Age Adjusted Pts/GP = (1 - ([Age as of September of draft year - 17] * 0.1672)) * Pts/GP

This formula will estimate the predicted scoring rate of a player if they were exactly 17 years of age at the start of their draft year, based on their actual age and scoring rate. It is, for all intents and purposes, a measure of scoring relative to Nathan MacKinnon, who was almost exactly 17 years of age at the start of his draft year.

To see how it works, we'll use John Tavares as an example. Tavares was roughly 17.94 years old at the start of his draft year, and he scored 104 points in 56 games, split between Oshawa and London. His age-adjusted points per game is as follows:

Tavares Adj. Pts/GP = (1 - ([Age as of September of draft year - 17] * 0.1672)) * Pts/GP
= (1 - ([17.94 - 17] * 0.1672)) * (104/56)
= (1 - ([0.94] * 0.1672)) * 1.857
= (1 - 0.157) * 1.857
= 0.843 * 1.857
Tavares Adj. Pts/GP = 1.565 Pts/GP

Whereas if you attempt the same formula with Nathan MacKinnon:

MacKinnon Adj. Pts/GP = (1 - ([Age as of September of draft year - 17] * 0.1672)) * Pts/GP
= (1 - ([17.00 - 17] * 0.1672)) * (75/44)
= (1 - ([0.0] * 0.1672)) * 1.705
= (1 - 0.0) * 1.705
= 1 * 1.705
MacKinnon Adj. Pts/GP 1.705 Pts/GP

As you can probably see, the closer a player is to 17 years old at the beginning of their draft year, the smaller the adjustment to their scoring rate. As a side note, I don't know if this age adjustment works for any other age ranges than 17.0 years to 17.99 years old, as I basically just built it to look at first-time draft eligible players. I'll have to look into this later.

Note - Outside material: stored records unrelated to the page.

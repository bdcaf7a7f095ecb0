//! The start of a body on a program's tree.

ghost use Rattle.std.specs.Prelude.{◌≡◌, ◌≤◌, map, slice_get};
ghost use Rattle.ob_checked.specs.View.{program_of};
ghost use Rattle.ob_layout.specs.Layout.{parts_of};
ghost use Rattle.ob_code_scheme.specs.Layout.{variable_words};
ghost use Rattle.ob_code_scheme.specs.Types.{frame_scope};
ghost use Rattle.ob_tree.specs.Procedures.{AreSmallFrames};
ghost use Rattle.ob_tree.specs.Stepping.{HasRoomOf};
ghost use Rattle.ob_tree_law.specs.TreeEngine.{over_run, tree_entered};

use crate::body_run::TreeRun;
use crate::procedure_work::{procedure_at, push_procedure};
use ob_checked::program::Program;
use ob_code_machine::Argument;
use ob_code_machine::entering::{push_arguments, result_count};
use ob_layout::Layout;

impl<'a> TreeRun<'a> {
    /// Ends the body: it holds nothing.
    pub fn clear(&mut self, program: &Program)
        requires { HasRoomOf (program_of program.now) self.old }
        ensures { self.new ≡ over_run (program_of program.now) }
    {
        let _procedures = &program.procedures;
        self.stack.truncate(0);
        self.work.clear();
        self.frames.clear();
        self.fp = 0;
        self.turns = 0;
        self.is_over = true;
    }

    /// Starts a procedure, with a budget of turns; what the body held before is gone. Where there is no such procedure, or no room for
    /// results and arguments, the body is over.
    pub fn start(
        &mut self,
        program: &'a Program,
        layout: &'a Layout,
        number: usize,
        arguments: &[Argument],
        budget: u32,
    )
        requires frames { (parts_of layout.now).frames ≡ map frame_scope (program_of program.now).procedures }
        requires variables { (parts_of layout.now).variables ≡ (program_of program.now).variables }
        requires few { variable_words (program_of program.now).variables ≤ 4096 }
        requires small { AreSmallFrames (program_of program.now).procedures }
        requires room { HasRoomOf (program_of program.now) self.old }
        ensures { self.new ≡ tree_entered (program_of program.now) budget number (slice_get (program_of program.now).procedures number) arguments.now }
    {
        self.clear(program);
        if procedure_at(program.procedures.as_slice(), number).is_none() {
            return;
        }
        let results = result_count(arguments);
        if self.stack.room() < arguments.len() || self.stack.room() - arguments.len() < results {
            return;
        }
        self.stack.push_zeros(results);
        push_arguments(&mut self.stack, layout.variable_words() as u32, arguments);
        push_procedure(&mut self.work, layout, program, number);
        self.fp = results;
        self.turns = budget;
        self.is_over = false;
    }
}
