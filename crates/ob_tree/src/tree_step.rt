//! One step of a body on a program's tree.

ghost use Rattle.std.specs.Prelude.{◌≡◌, ◌+◌, ◌≤◌, ℤ, List, length, map};
ghost use Rattle.ob_checked.specs.View.{program_of};
ghost use Rattle.ob_layout.specs.Layout.{block_in, parts_of};
ghost use Rattle.ob_code_scheme.specs.Types.{frame_scope, variables_scope};
ghost use Rattle.ob_tree.specs.Acting.{Does, DoesFirst, HasFirst};
ghost use Rattle.ob_tree.specs.Procedures.{AreSmallFrames};
ghost use Rattle.ob_tree.specs.Stepping.{CanStep};
ghost use Rattle.ob_tree_law.specs.TreeEngine.{tree_step};
ghost use Rattle.ob_tree_tasks.specs.Tasks.{task_of};
ghost use Rattle.ob_tree_law.specs.Work as Work;

use crate::body_run::TreeRun;
use crate::frame_places::Frames;
use crate::procedure_work::push_procedure;
use crate::settle::settle;
use ob_checked::program::Program;
use ob_layout::Layout;
use ob_tree_tasks::Task;
use wf_object::EngineTurn;

impl<'a> TreeRun<'a> {
    /// A call of a procedure: it begins below the words handed over.
    fn call(
        &mut self,
        program: &'a Program,
        layout: &'a Layout,
        number: usize,
        parameters: usize,
    ) -> EngineTurn
        requires first { HasFirst self.old }
        requires frames { (parts_of layout.now).frames ≡ map frame_scope (program_of program.now).procedures }
        requires small { AreSmallFrames (program_of program.now).procedures }
        ensures { (block : List ℤ) → Does (program_of program.now) (Work.Calling number parameters) result self.new block self.old block }
    {
        if self.frames.len() >= Frames::LIMIT {
            self.is_over = true;
            return EngineTurn::Trapped(4);
        }
        if self.turns == 0 {
            self.is_over = true;
            return EngineTurn::Trapped(5);
        }
        let height = self.stack.height();
        if height < parameters {
            return EngineTurn::Stuck;
        }
        self.turns -= 1;
        self.frames.push(self.fp);
        self.fp = height - parameters;
        self.work.remove_first();
        push_procedure(&mut self.work, layout, program, number);
        EngineTurn::On
    }

    /// What a task does that is in front. A silent one does nothing.
    #[inline(never)]
    fn act(
        &mut self,
        program: &'a Program,
        layout: &'a Layout,
        task: Task<'a>,
        block: &mut [i64],
    ) -> EngineTurn
        requires first { HasFirst self.old }
        requires frames { (parts_of layout.now).frames ≡ map frame_scope (program_of program.now).procedures }
        requires small { AreSmallFrames (program_of program.now).procedures }
        ensures { Does (program_of program.now) (task_of task.entry) result self.new block.new self.old block.old }
    {
        match task {
            Task::Instruction(instr) => self.compute(instr, block),
            Task::AndThen { own, right } => self.decide(0, own, right),
            Task::OrElse { own, right } => self.decide(1, own, right),
            Task::Alternative {
                own,
                body,
                branches,
                otherwise,
            } => self.choose(own, body, branches, otherwise),
            Task::Over => self.pass_over(),
            Task::Looping {
                own,
                condition,
                body,
            } => self.go_round(own, condition, body),
            Task::Again {
                own,
                condition,
                body,
            } => self.go_back(own, condition, body),
            Task::Until {
                own,
                body,
                condition,
            } => self.repeat(own, body, condition),
            Task::Taking => self.take_turn(),
            Task::Calling {
                procedure,
                parameters,
            } => self.call(program, layout, procedure, parameters),
            Task::Leaving => self.leave(),
            _ => EngineTurn::Stuck,
        }
    }

    /// What the task in front does. An instruction, as most are, is not copied with all that a task has room for.
    #[inline(always)]
    fn act_first(
        &mut self,
        program: &'a Program,
        layout: &'a Layout,
        block: &mut [i64],
    ) -> EngineTurn
        requires room { length self.old.body.work + 3 ≤ self.old.room }
        requires frames { (parts_of layout.now).frames ≡ map frame_scope (program_of program.now).procedures }
        requires small { AreSmallFrames (program_of program.now).procedures }
        ensures { DoesFirst (program_of program.now) result self.new block.new self.old block.old }
    {
        let Some(task) = self.work.first() else {
            return EngineTurn::Stuck;
        };
        match *task {
            Task::Instruction(instr) => self.compute(instr, block),
            task => self.act(program, layout, task, block),
        }
    }

    /// One step on a block: what one instruction of the code does. A body that is over is stuck. It stands in the loop that takes steps, so
    /// that an instruction is done and the next task looked at without a call.
    #[inline(always)]
    pub fn step(
        &mut self,
        program: &'a Program,
        layout: &'a Layout,
        block: &mut [i64],
    ) -> EngineTurn
        requires globals { block_in layout.now ≡ variables_scope (program_of program.now).variables }
        requires frames { (parts_of layout.now).frames ≡ map frame_scope (program_of program.now).procedures }
        requires small { AreSmallFrames (program_of program.now).procedures }
        requires ready { CanStep (program_of program.now) self.old }
        ensures { record { turn = result; run = self.new; block = block.new } ≡ tree_step (program_of program.now) self.old block.old }
    {
        if self.is_over {
            return EngineTurn::Stuck;
        }
        match self.act_first(program, layout, block) {
            EngineTurn::On => {
                settle(&mut self.work, layout);
                EngineTurn::On
            }
            turn => turn,
        }
    }
}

So there you have it, a formula to adjust scoring for intra-year age for first-time draft eligible CHL prospects. I don't know if anyone had done this publicly (if they have, I couldn't find it), but I hope this provides some useful insight going forward. 


As an aside, here are some top 2014-eligible prospects ranked by age adjusted Pts/GP:

Good news for Sam Bennett fans, however Reinhart still comes out on top when adjusting for league offense. Really though, both guys stack up well with some pretty elite company (and so does Nikolaj Ehlers, their closest comparables are here, here and here) and a team selecting 1st overall probably can't go wrong with either.